Question

A ${C}_{8}{H}_{10}$ hydrocarbon is nitrated by $HN{O}_{3}$ and sulphuric acid. Two, and only two, ${C}_{8}{H}_{9}N{O}_{2}$ isomers are obtained. Which of the following fits into the evidence?
a) Ethyl benzene
b) Ortho-xylene
c) Meta-xylene
d) Para-xylene

Answer 1

Hint: Xylene is a common name for dimethyl benzene. The two methyl groups could be attached at ortho, meta or para position of the benzene ring.

Complete step by step solution:
● In the reaction given, if the only a single alkyl group is attached to the benzene ring, ethyl group in this case, the products that would be formed on reacting with $HN{O}_{3}$ and sulphuric acid will definitely have 3 isomers as the nitro group will have three carbons that it can attach to in the benzene ring.

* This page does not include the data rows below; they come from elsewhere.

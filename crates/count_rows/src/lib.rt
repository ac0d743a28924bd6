//! The rows that are counted in a text of CSV: the levels of each used vertex, and each record as a row with its count.
//!
//! `read_rows(alloc, text, &names, used, count_column)` gives the levels and the rows of a table.
#![tactic(auto)]

mod digits;
mod fault;
mod fields;
mod header;
mod levels;
mod lines;
mod quoted;
mod reader;
mod rows;
mod tally;

pub use fault::CountFault;
pub use levels::Levels;
pub use rows::read_rows;
pub use tally::Tally;
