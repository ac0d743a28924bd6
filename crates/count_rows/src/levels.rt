//! The levels of a vertex.

ghost use Rattle.std.specs.Prelude.{◌≡◌, ◌<◌, List, ℕ, [], true, length, is_some, OnOk, OnSome, IfOk, IfSome, slice_get};
ghost use Rattle.mixed_graph.specs.Vocabulary.{with_name, index_of, is_named, texts};
ghost use Rattle.count_rows.specs.Levels.{AreLevels};

use indexmap::IndexSet;
use std::alloc::{AllocError, Global};
use std::marker::Model;

/// The levels of a vertex, in order of first appearance: no two are equal.
///
/// Contracts see the list of the levels, each as its bytes.
#[derive(Drop)]
pub struct Levels {
    set: IndexSet<Vec<u8>>,
}

impl Model for Levels {
    ghost use Rattle.std.specs.Prelude.{List, ℕ};
    ghost use Rattle.mixed_graph.specs.Names.{texts};
    ghost use Rattle.count_rows.specs.Levels.{AreLevels};

    ghost Value = { List (List ℕ) };

    ghost view = { λ s. texts s.set.keys };

    ghost invariant = { λ s. AreLevels (texts s.set.keys) };
}

/// So many levels are compared before one is sought by its hash.
const FIRST_LEVELS: usize = 8;

/// The number of a level, if it is among the first.
#[inline(always)]
fn first_number(levels: &[Vec<u8>], level: &[u8]) -> Option<usize>
    ensures number { IfSome result (λ k. k ≡ index_of (texts levels.now) level.now) }
    ensures within { IfSome result (λ k. k < length (texts levels.now)) }
    ensures there { OnSome result (is_named (texts levels.now) level.now ≡ true) }
{
    for k in 0..levels.len().min(FIRST_LEVELS) {
        if level == levels[k].as_slice() {
            return Some(k);
        }
    }
    None
}

/// The number of a level, if it is there.
#[inline(always)]
fn number_in(set: &IndexSet<Vec<u8>>, level: &[u8]) -> Option<usize>
    ensures number { IfSome result (λ k. k ≡ index_of (texts set.now.keys) level.now) }
    ensures within { IfSome result (λ k. k < length (texts set.now.keys)) }
    ensures there { is_some result ≡ is_named (texts set.now.keys) level.now }
{
    match first_number(set.as_slice(), level) {
        Some(k) => Some(k),
        None => set.get_index_of(level),
    }
}

impl Levels {
    /// No level.
    pub fn empty(alloc: Global) -> Levels
        ensures { result ≡ [] }
    {
        Levels {
            set: IndexSet::new(alloc),
        }
    }

    /// The number of levels.
    pub fn count(&self) -> u32
        ensures count { result ≡ length self.now }
        ensures levels { AreLevels self.now }
    {
        self.set.len() as u32
    }

    /// The level with the number k.
    pub fn get(&self, k: u32) -> &[u8]
        requires { k < length self.now }
        ensures { slice_get self.now k ≡ Some result.now }
    {
        match self.set.get_index(k as usize) {
            Some(level) => level.as_slice(),
            None => unreachable!(),
        }
    }

    /// The number of a level, which is added last if it is new.
    pub fn add(&mut self, alloc: Global, level: &[u8]) -> Result<u32, AllocError>
        ensures added { OnOk result (self.new ≡ with_name self.old level.now) }
        ensures number { IfOk result (λ k. k ≡ index_of self.old level.now) }
        ensures within { IfOk result (λ k. k < length self.new) }
    {
        let number = self.set.len();
        if let Some(number) = number_in(&self.set, level) {
            return Ok(number as u32);
        }
        // Numbers have 32 bits. So many levels are far beyond what a table may have.
        if number >= u32::MAX as usize {
            return Err(AllocError);
        }
        let owned = Vec::from_slice(alloc, level)?;
        self.set.insert(owned)?;
        Ok(number as u32)
    }
}
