//! Why a text gives no counts.

ghost use Rattle.std.specs.Prelude.{◌≡◌, IfOk, OnOk};
ghost use Rattle.answer_text.specs.Vocabulary.{line_of};
ghost use Rattle.count_rows.specs.FaultTexts.{count_fault_text, count_size_text};

use answer_text::names::{refusal_line, with_name, with_number};
use mixed_graph::Text;
use std::alloc::{AllocError, Global};

/// Why a text gives no counts.
#[derive(Drop)]
pub enum CountFault {
    /// The data row with this number, from 1, has another number of fields than the header.
    NotCsv(usize),
    /// The name of a used vertex, or of the column of counts, isn't in the header.
    NoColumn(Text),
    /// Such a name is in the header more than once.
    TwoColumns(Text),
    /// The count of the data row with this number, from 1, isn't one or more decimal digits with a value up to 10^15.
    Count(usize),
    /// The product of the numbers of levels passes 2^20.
    TooLarge,
    /// The sum of the counts passes 10^15.
    SumTooLarge,
    /// The sum of the counts is 0.
    NoRows,
    /// Memory was refused.
    NoMemory,
}

impl CountFault {
    /// The line that says what is wrong, as `causal: counts fault 2: X` with a line feed. The error is want of memory, which has no line.
    pub fn line(&self, alloc: Global) -> Result<Vec<u8>, AllocError>
        ensures line { IfOk result (λ v. v.items ≡ line_of (count_fault_text self.now)) }
        ensures memory { OnOk result (self.now ≡ CountFault.NoMemory → ⊥) }
    {
        refusal_line(alloc, &self.text(alloc)?)
    }

    /// The line of more than 67,108,864 bytes of counts.
    pub fn size_line(alloc: Global) -> Result<Vec<u8>, AllocError>
        ensures { IfOk result (λ v. v.items ≡ line_of count_size_text) }
    {
        refusal_line(alloc, b"counts fault 8: over 67108864 bytes")
    }

    /// What is wrong.
    fn text(&self, alloc: Global) -> Result<Vec<u8>, AllocError>
        ensures text { IfOk result (λ v. v.items ≡ count_fault_text self.now) }
        ensures memory { OnOk result (self.now ≡ CountFault.NoMemory → ⊥) }
    {
        match self {
            CountFault::NotCsv(row) => with_number(alloc, "counts fault 1: row ", *row as u64),
            CountFault::NoColumn(name) => with_name(alloc, "counts fault 2: ", name.bytes()),
            CountFault::TwoColumns(name) => with_name(alloc, "counts fault 3: ", name.bytes()),
            CountFault::Count(row) => with_number(alloc, "counts fault 4: row ", *row as u64),
            CountFault::TooLarge => Vec::from_slice(alloc, b"counts fault 5"),
            CountFault::SumTooLarge => Vec::from_slice(alloc, b"counts fault 6"),
            CountFault::NoRows => Vec::from_slice(alloc, b"counts fault 7"),
            CountFault::NoMemory => Err(AllocError),
        }
    }
}
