//! The records of a text, one after the other.

ghost use Rattle.std.specs.Prelude.{◌≡◌, ◌≤◌, List, ℕ, [], IfOk, length};
ghost use Rattle.csv.specs.Reading.{is_bom};
ghost use Rattle.count_rows.specs.Records.{Record};
ghost use Rattle.count_rows.specs.Reader.{HasRead, GivesNext, GoesOn};

use crate::fields::Fields;
use crate::lines::{Unsplit, skip_line_ends};
use crate::quoted::take_quoted;
use std::alloc::{AllocError, Global};

/// What one more read gave.
#[derive(Clone, Copy)]
pub enum NextRecord {
    /// Another record; the one behind it is sought from this place on.
    Record(usize),
    /// The text has no other record.
    End,
    /// Memory was refused.
    NoMemory,
}

/// Whether three bytes are a byte order mark.
fn is_mark(a: u8, b: u8, c: u8) -> bool
    ensures { result ≡ is_bom a b c }
{
    a == 0xef && b == 0xbb && c == 0xbf
}

/// Where the records of a text are sought from: behind its byte order mark.
pub fn open(text: &[u8]) -> usize
    ensures { HasRead text.now [] result }
{
    if text.len() < 3 {
        return 0;
    }
    if is_mark(text[0], text[1], text[2]) {
        return 3;
    }
    0
}

/// Takes the record that a text goes on with, and says where other records follow.
fn take_record(alloc: Global, text: &[u8], into: &mut Fields) -> Result<usize, AllocError>
    ensures within { IfOk result (λ next. next ≤ length text.now) }
    ensures fields { IfOk result (GoesOn text.now into.new) }
{
    match into.take_line(text) {
        Ok(next) => Ok(next),
        Err(Unsplit::Quoted) => take_quoted(alloc, text, into),
        Err(Unsplit::NoMemory) => Err(AllocError),
    }
}

/// Reads the next record of a text, from a place on.
pub fn read(alloc: Global, text: &[u8], at: usize, into: &mut Fields) -> NextRecord
    ensures { (before : List Record) → HasRead text.now before at → GivesNext text.now before into.new result }
{
    let from = skip_line_ends(text, at);
    if from >= text.len() {
        return NextRecord::End;
    }
    match take_record(alloc, &text[from..], into) {
        Ok(next) => NextRecord::Record(from + next),
        Err(_) => NextRecord::NoMemory,
    }
}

Those positions are ortho, meta, and para positions. But it is given in the question that only two isomers are formed of the reactant.
● If the attached group would have been a larger group, then the ortho position would have been blocked and only two isomers would have been formed. But this is not the case in this situation.
● For the product to have only two isomers it is important to have two alkyl groups attached to the benzene ring. And in this case, those alkyl groups are two identical methyl groups.
● But now the main question arises in which position these methyl groups are to be attached, ortho, meta or para.
● If they are attached at meta positions then, three isomers of the compound is possible.
● If they are attached at para position only one isomer is possible.
● But if we attach them at ortho position only two isomers are possible.


Hence, the ortho xylene will give us the desired product. Therefore, the correct answer is option (b).

Note: While making the isomers do make sure that you provide the numbering according to the standard rules and do not include the same isomers. If you don't follow the rules while making the isomers you might end up with more no. of isomers than expected.